#761Special Binary String Hard

Approach:

Intuition

A special binary string is a binary string that has equal 1s and 0s with the property that every prefix has more or equal 1s than 0s. The goal of this problem is to find the lexicographically largest special binary string given a special binary string by swapping two consecutive substrings any number of times.

To solve this problem, the key insight is to stop seeing the string as binary string and start seeing it as nested parentheses (I didn’t figure it out on my own…). For example, 101101001100 can be ()(()())(()). The reason for this is that a special binary string is exactly a valid parentheses string:

  • 1 is an opening bracket ( and 0 is an closing bracket ).
  • The number of opening brackets equals the number of closing brackets.
  • The brackets never close before they open.

A valid parentheses string can be divided into several valid parentheses substrings, and each substring has its own valid sub-substrings after removing the outermost parentheses. For instance, ()(()())(()) can be divided into ()|(()())|(()) and (()()) can be divided into two ().
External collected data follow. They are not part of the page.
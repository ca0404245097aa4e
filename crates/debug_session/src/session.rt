//! A whole session: a scenario's run, walked through by commands.
ghost use Rattle.std.specs.Prelude.{◌≡◌, ◌<◌, ◌≤◌, length, OnOk, OnErr};
ghost use Rattle.scenario_asm.specs.Lines.{lines_of_text};
ghost use Rattle.table_run.specs.State.{initial};
ghost use Rattle.debugger.specs.Debugging.{debugging_opened};
ghost use Rattle.window_engine.specs.Failures.{failures_after};
ghost use Rattle.debug_session.specs.Taking.{Takes, IsBeginningOf};
ghost use Rattle.debug_session.specs.Answers.{session_state};
ghost use Rattle.debug_session.specs.Sessions as sessions;

use crate::reply::answer;
use crate::said::Said;
use debugger::Debugger;
use prompt_words::Limits;
use prompt_words::cut::cut;
use scenario_image::Scenario;
use std::alloc::Global;
use window_core::Partition;
use window_engine::{Gate, Hands, Sink, SinkFail, put_all};

/// Why a session has no further output.
#[derive(Debug, Drop)]
pub enum DialogueFault {
    /// There was no memory for the initial state.
    NoMemory,
    /// The output failed.
    OutputFailed,
}

/// Answers commands, one a line. The moves `run` and `until` have workers, which the gate is told
/// of.
#[tactic(none)]
pub fn run_commands<H: Hands, S: Sink>(
    hands: &H,
    gate: &Gate,
    debugger: &mut Debugger,
    limits: Limits,
    commands: &[u8],
    said: &mut Said,
    out: &mut S,
) -> Result<(), SinkFail>
    requires ready { H.ready hands.now }
    ensures ok { OnOk result (Takes (sessions.Output limits debugger.old.start (lines_of_text commands.now) (session_state debugger.old)) (S.contents out.old) (S.contents out.new)) }
    ensures err { OnErr result (Takes (IsBeginningOf (sessions.OutputStart limits debugger.old.start (lines_of_text commands.now) (session_state debugger.old))) (S.contents out.old) (S.contents out.new)) }
    ensures failures { S.failures out.new ≡ failures_after result (S.failures out.old) }
{
    let mut rest = commands;
    while !rest.is_empty() {
        let (line, after) = cut(rest, b'\n');
        let answered = answer(hands, gate, debugger, limits, line, said);
        match put_all(out, said.text_of(answered)) {
            Ok(()) => {}
            Err(_) => return Err(SinkFail),
        }
        rest = after;
    }
    Ok(())
}

/// Answers all commands of a session, one a line, by a debugger at the initial state.
fn answer_all<H: Hands, S: Sink>(
    hands: &H,
    gate: &Gate,
    scenario: &Scenario,
    commands: &[u8],
    debugger: &mut Debugger,
    said: &mut Said,
    out: &mut S,
) -> Result<(), DialogueFault>
    requires ready { H.ready hands.now }
    requires opened { debugger.old ≡ debugging_opened (initial scenario.now) debugger.old.workers }
    ensures output { Takes (sessions.IsEnding scenario.now (lines_of_text commands.now) result) (S.contents out.old) (S.contents out.new) }
    ensures failures { S.failures out.new ≡ sessions.failures_of result (S.failures out.old) }
{
    let limits = Limits::of(scenario);
    match run_commands(hands, gate, debugger, limits, commands, said, out) {
        Ok(()) => Ok(()),
        Err(_) => Err(DialogueFault::OutputFailed),
    }
}

/// A whole session over a scenario: its commands are answered, one a line, from the initial state
/// on. A command that is refused for want of memory or workers doesn't end it.
pub fn run_session<H: Hands, S: Sink>(
    hands: &H,
    gate: &Gate,
    alloc: Global,
    scenario: &Scenario,
    partition: Partition,
    workers: usize,
    commands: &[u8],
    out: &mut S,
) -> Result<(), DialogueFault>
    requires ready { H.ready hands.now }
    requires partition { length partition ≡ length scenario.now.nodes }
    requires workers { (0 < workers) × (workers ≤ 64) }
    ensures output { Takes (sessions.IsEnding scenario.now (lines_of_text commands.now) result) (S.contents out.old) (S.contents out.new) }
    ensures failures { S.failures out.new ≡ sessions.failures_of result (S.failures out.old) }
{
    let Ok(mut debugger) = Debugger::new(alloc, scenario, partition, workers) else {
        return Err(DialogueFault::NoMemory);
    };
    let mut said = Said::new(alloc);
    let ended = answer_all(
        hands,
        gate,
        scenario,
        commands,
        &mut debugger,
        &mut said,
        out,
    );
    drop(debugger);
    drop(said);
    ended
}
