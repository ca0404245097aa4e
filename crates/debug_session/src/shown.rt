//! What is shown of a session, and changes nothing.
ghost use Rattle.std.specs.Prelude.{◌≡◌, [], OnOk};
ghost use Rattle.debug_session.specs.Answers.{session_state};
ghost use Rattle.debug_session.specs.TypedAnswers.{Tells};

use crate::missing::append_why;
use crate::stall_list::append_stalls;
use crate::typed_move::{append_last, append_whereabouts};
use debugger::{Debugger, MoveFault};
use prompt_words::{Naming, Shown, append_help, append_help_on, append_names};

/// Puts what is shown into an empty text. On a fault some of it may stand there.
pub(crate) fn append_shown(
    out: &mut Vec<u8>,
    debugger: &mut Debugger,
    naming: &Naming,
    what: Shown,
) -> Result<(), MoveFault>
    requires { out.old.items ≡ [] }
    ensures ok { OnOk result (Tells naming.now debugger.old.start (session_state debugger.old) what out.new.items) }
    ensures same { debugger.new ≡ debugger.old }
{
    match what {
        Shown::Part(part) => Ok(debugger.part_text(part, out)?),
        Shown::Why(flow) => append_why(out, debugger, &naming.names, flow),
        Shown::Stalls => append_stalls(out, debugger, &naming.names.flows),
        Shown::Lines(count) => append_last(out, debugger, count),
        Shown::Where(known) => append_whereabouts(out, debugger, naming, known),
        Shown::Names => Ok(append_names(out, naming)?),
        Shown::Help => Ok(append_help(out)?),
        Shown::HelpOn(place) => Ok(append_help_on(out, place)?),
    }
}
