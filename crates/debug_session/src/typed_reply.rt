//! A session's answer to a command that is typed.
ghost use Rattle.std.specs.Prelude.{◌≡◌, [], MatchBool, OnOk};
ghost use Rattle.prompt_words.specs.Refusals.{answer_of};
ghost use Rattle.debug_session.specs.Answers.{session_state};
ghost use Rattle.debug_session.specs.Prompt.{MovesShowing, ObeysShowing};
ghost use Rattle.debug_session.specs.Reported.{CanBeUndone};
ghost use Rattle.debug_session.specs.TypedAnswers.{ObeysTyped};

use crate::moves::make;
use crate::reply::or_undone;
use crate::said::Said;
use crate::typed_move::present_time;
use breakpoints::Break;
use breakpoints::breaks::MOST_BREAKS;
use debugger::Debugger;
use prompt_words::{DisplayItem, Move, Naming, Refusal, Typed, number_of, of_number, report_of};
use window_engine::{Gate, Hands};

/// Sets a breakpoint, and tells its number: one that is set already keeps it.
#[tactic(none)]
fn set_numbered(
    debugger: &mut Debugger,
    naming: &Naming,
    b: Break,
    said: &mut Said,
) -> Result<(), Refusal>
    ensures obeyed { ObeysTyped naming.now debugger.old.start (Typed.SetBreak b) (session_state debugger.old) (session_state debugger.new) (answer_of result said.new) }
    ensures start { debugger.new.start ≡ debugger.old.start }
{
    let set = debugger.breaks();
    match number_of(set, b) {
        Some(number) => return said.say_break(naming, number, b),
        None => {}
    }
    if set.len() >= MOST_BREAKS {
        return Err(Refusal::B4);
    }
    let number = set.len() as u64 + 1;
    match said.say_break(naming, number, b) {
        Ok(()) => match debugger.add_break(b) {
            Ok(_) => Ok(()),
            Err(_) => Err(Refusal::M),
        },
        Err(_) => Err(Refusal::M),
    }
}

/// Takes the breakpoint of a number away, where one has it.
#[tactic(none)]
fn delete(
    debugger: &mut Debugger,
    naming: &Naming,
    number: u64,
    said: &mut Said,
) -> Result<(), Refusal>
    ensures obeyed { ObeysTyped naming.now debugger.old.start (Typed.Delete number) (session_state debugger.old) (session_state debugger.new) (answer_of result said.new) }
    ensures start { debugger.new.start ≡ debugger.old.start }
{
    match of_number(debugger.breaks(), number) {
        None => Err(Refusal::B5),
        Some((index, b)) => match said.say_deleted(naming, number, b) {
            Ok(()) => {
                let _taken = debugger.delete_break(index);
                Ok(())
            }
            Err(_) => Err(Refusal::M),
        },
    }
}

/// Makes a move, and tells what it came to. Where that cannot be told, the move is undone.
#[tactic(none)]
fn go<H: Hands>(
    hands: &H,
    gate: &Gate,
    debugger: &mut Debugger,
    naming: &Naming,
    asked: Move,
    said: &mut Said,
) -> Result<(), Refusal>
    requires ready { H.ready hands.now }
    ensures obeyed { ObeysTyped naming.now debugger.old.start (Typed.Go asked) (session_state debugger.old) (session_state debugger.new) (answer_of result said.new) }
    ensures start { debugger.new.start ≡ debugger.old.start }
    ensures left { OnOk result (CanBeUndone debugger.old debugger.new) }
{
    let from = debugger.position();
    let report = report_of(asked, from);
    match make(hands, gate, debugger, asked) {
        Ok(_) => {
            let told = said.say_move(debugger, naming, from, report);
            or_undone(debugger, told)
        }
        Err(_) => Err(Refusal::M),
    }
}

/// Makes a move, and tells displays behind its answer. Where they cannot be told, the move is undone.
#[tactic(none)]
fn go_behind<H: Hands>(
    hands: &H,
    gate: &Gate,
    debugger: &mut Debugger,
    naming: &Naming,
    displays: &[DisplayItem],
    asked: Move,
    said: &mut Said,
) -> Result<(), Refusal>
    requires ready { H.ready hands.now }
    ensures obeyed { MovesShowing naming.now displays.now debugger.old.start asked (session_state debugger.old) (session_state debugger.new) (answer_of result said.new) }
    ensures start { debugger.new.start ≡ debugger.old.start }
{
    match present_time(debugger) {
        Ok(before) => match go(hands, gate, debugger, naming, asked, said) {
            Ok(()) => {
                let behind = said.say_behind(debugger, &naming.names, displays, before);
                or_undone(debugger, behind)
            }
            Err(why) => Err(why),
        },
        Err(_) => Err(Refusal::M),
    }
}

/// Whether nothing is displayed.
fn is_bare(displays: &[DisplayItem]) -> bool
    ensures { MatchBool result (displays.now ≡ []) (Unit {0}) }
{
    displays.is_empty()
}

/// Makes a move, and tells displays behind its answer, if there are any.
#[tactic(none)]
fn go_showing<H: Hands>(
    hands: &H,
    gate: &Gate,
    debugger: &mut Debugger,
    naming: &Naming,
    displays: &[DisplayItem],
    asked: Move,
    said: &mut Said,
) -> Result<(), Refusal>
    requires ready { H.ready hands.now }
    ensures obeyed { MovesShowing naming.now displays.now debugger.old.start asked (session_state debugger.old) (session_state debugger.new) (answer_of result said.new) }
    ensures start { debugger.new.start ≡ debugger.old.start }
{
    if is_bare(displays) {
        go(hands, gate, debugger, naming, asked, said)
    } else {
        go_behind(hands, gate, debugger, naming, displays, asked, said)
    }
}

/// Does what is typed, and tells displays behind a move. The moves `run`, `until` and `goto` a moment go by the
/// debugger's workers.
#[tactic(none)]
pub(crate) fn obey_typed<H: Hands>(
    hands: &H,
    gate: &Gate,
    debugger: &mut Debugger,
    naming: &Naming,
    displays: &[DisplayItem],
    asked: Typed,
    said: &mut Said,
) -> Result<(), Refusal>
    requires ready { H.ready hands.now }
    ensures obeyed { ObeysShowing naming.now displays.now debugger.old.start asked (session_state debugger.old) (session_state debugger.new) (answer_of result said.new) }
    ensures start { debugger.new.start ≡ debugger.old.start }
{
    match asked {
        Typed::Go(asked) => go_showing(hands, gate, debugger, naming, displays, asked, said),
        Typed::State => {
            let _here = debugger.position();
            said.say_state(debugger)
        }
        Typed::SetBreak(b) => set_numbered(debugger, naming, b, said),
        Typed::Delete(number) => delete(debugger, naming, number, said),
        Typed::Clear => {
            debugger.clear_breaks();
            said.say_cleared();
            Ok(())
        }
        Typed::Breaks => said.say_breaks(naming, debugger.breaks()),
        Typed::Show(what) => said.say_shown(debugger, naming, what),
    }
}
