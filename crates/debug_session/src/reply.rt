//! A session's answer to a line of commands.
ghost use Rattle.std.specs.Prelude.{◌≡◌, MatchResult};
ghost use Rattle.prompt_words.specs.Refusals.{answer_of};
ghost use Rattle.debug_session.specs.Answers.{session_state, Obeys, Answers};
ghost use Rattle.debug_session.specs.Reported.{GoesBack};

use crate::moves::make;
use crate::said::Said;
use breakpoints::{Break, BreakFault};
use debugger::Debugger;
use prompt_words::{Command, Limits, Refusal, read_line};
use window_engine::{Gate, Hands};

/// Takes the last move back, where what it came to could not be told.
#[tactic(none)]
pub(crate) fn or_undone(debugger: &mut Debugger, told: Result<(), Refusal>) -> Result<(), Refusal>
    ensures same { result ≡ told }
    ensures undone { MatchResult told (λ _. debugger.new ≡ debugger.old) (λ _. GoesBack debugger.old debugger.new) }
{
    match told {
        Ok(()) => Ok(()),
        Err(why) => {
            let _undone = debugger.undo_move();
            Err(why)
        }
    }
}

/// Sets a breakpoint.
#[tactic(none)]
fn set_break(debugger: &mut Debugger, b: Break, said: &mut Said) -> Result<(), Refusal>
    ensures obeyed { Obeys debugger.old.start (Command.SetBreak b) (session_state debugger.old) (session_state debugger.new) (answer_of result said.new) }
    ensures start { debugger.new.start ≡ debugger.old.start }
{
    let _is_set = debugger.has_break(b);
    match debugger.add_break(b) {
        Ok(count) => {
            said.say_set(count);
            Ok(())
        }
        Err(BreakFault::TooMany) => Err(Refusal::B4),
        Err(BreakFault::NoMemory) => Err(Refusal::M),
    }
}

/// Does what a command asks for. The moves `run` and `until` go by the debugger's workers.
#[tactic(none)]
fn obey<H: Hands>(
    hands: &H,
    gate: &Gate,
    debugger: &mut Debugger,
    command: Command,
    said: &mut Said,
) -> Result<(), Refusal>
    requires ready { H.ready hands.now }
    ensures obeyed { Obeys debugger.old.start command (session_state debugger.old) (session_state debugger.new) (answer_of result said.new) }
    ensures start { debugger.new.start ≡ debugger.old.start }
{
    match command {
        Command::Go(asked) => match make(hands, gate, debugger, asked) {
            Ok(_) => {
                let told = said.say_state(debugger);
                or_undone(debugger, told)
            }
            Err(_) => Err(Refusal::M),
        },
        Command::State => {
            let _here = debugger.position();
            said.say_state(debugger)
        }
        Command::SetBreak(b) => set_break(debugger, b, said),
        Command::Clear => {
            debugger.clear_breaks();
            said.say_cleared();
            Ok(())
        }
    }
}

/// Answers a line: what it asks for is done, or it is refused and changes nothing.
#[tactic(none)]
pub fn answer<H: Hands>(
    hands: &H,
    gate: &Gate,
    debugger: &mut Debugger,
    limits: Limits,
    line: &[u8],
    said: &mut Said,
) -> Result<(), Refusal>
    requires ready { H.ready hands.now }
    ensures answers { Answers limits debugger.old.start line.now (session_state debugger.old) (session_state debugger.new) (answer_of result said.new) }
    ensures start { debugger.new.start ≡ debugger.old.start }
{
    match read_line(limits, line) {
        None => {
            said.clear();
            Ok(())
        }
        Some(Err(refusal)) => Err(refusal),
        Some(Ok(command)) => obey(hands, gate, debugger, command, said),
    }
}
So now, the swapping operation means swapping valid parentheses at the same level. In the previous example, () [at index 0] and (()()) [at index 2] have the same level while () [at index 0] and () [at index 3] have different level. And because we can do swapping as many times as we want, we can reorder the valid parentheses at the same level.

To solve the problem, we just need to turn each individual block into its largest possible version by sorting their sub-blocks, like (()(())) is turned into ((())()). And then, we sort all processed blocks to get the largest lexicagraphical string.

Example workthrough: 1011011000

 1
 2
 3
 4
 5
 6
 7
 8
 9
10
11
12
13
14
15
16
17
18
19
20
21
22
23
24

Level 1: Initial call with s = "1011011000"
Found Block A: "10"
    Level 2: Recursion on inner ""
    Returns ""
Block A Result: "10"

Found Block B: "11011000"
    Level 2: Recursion on inner "101100"
    Found Sub-block B1: "10"
        Level 3: Recursion on inner "" -> Returns ""
    Sub-block B1 Result: "10"
    
    Found Sub-block B2: "1100"
        Level 3: Recursion on inner "10"
            Level 4: Recursion on inner "" -> Returns ""
        Level 3 returns: "10"
    Sub-block B2 Result: "1100"
    
    Level 2 Sorting: ["1100", "10"]
    Level 2 returns: "110010"
Block B Result: "1" + "110010" + "0" = "11100100"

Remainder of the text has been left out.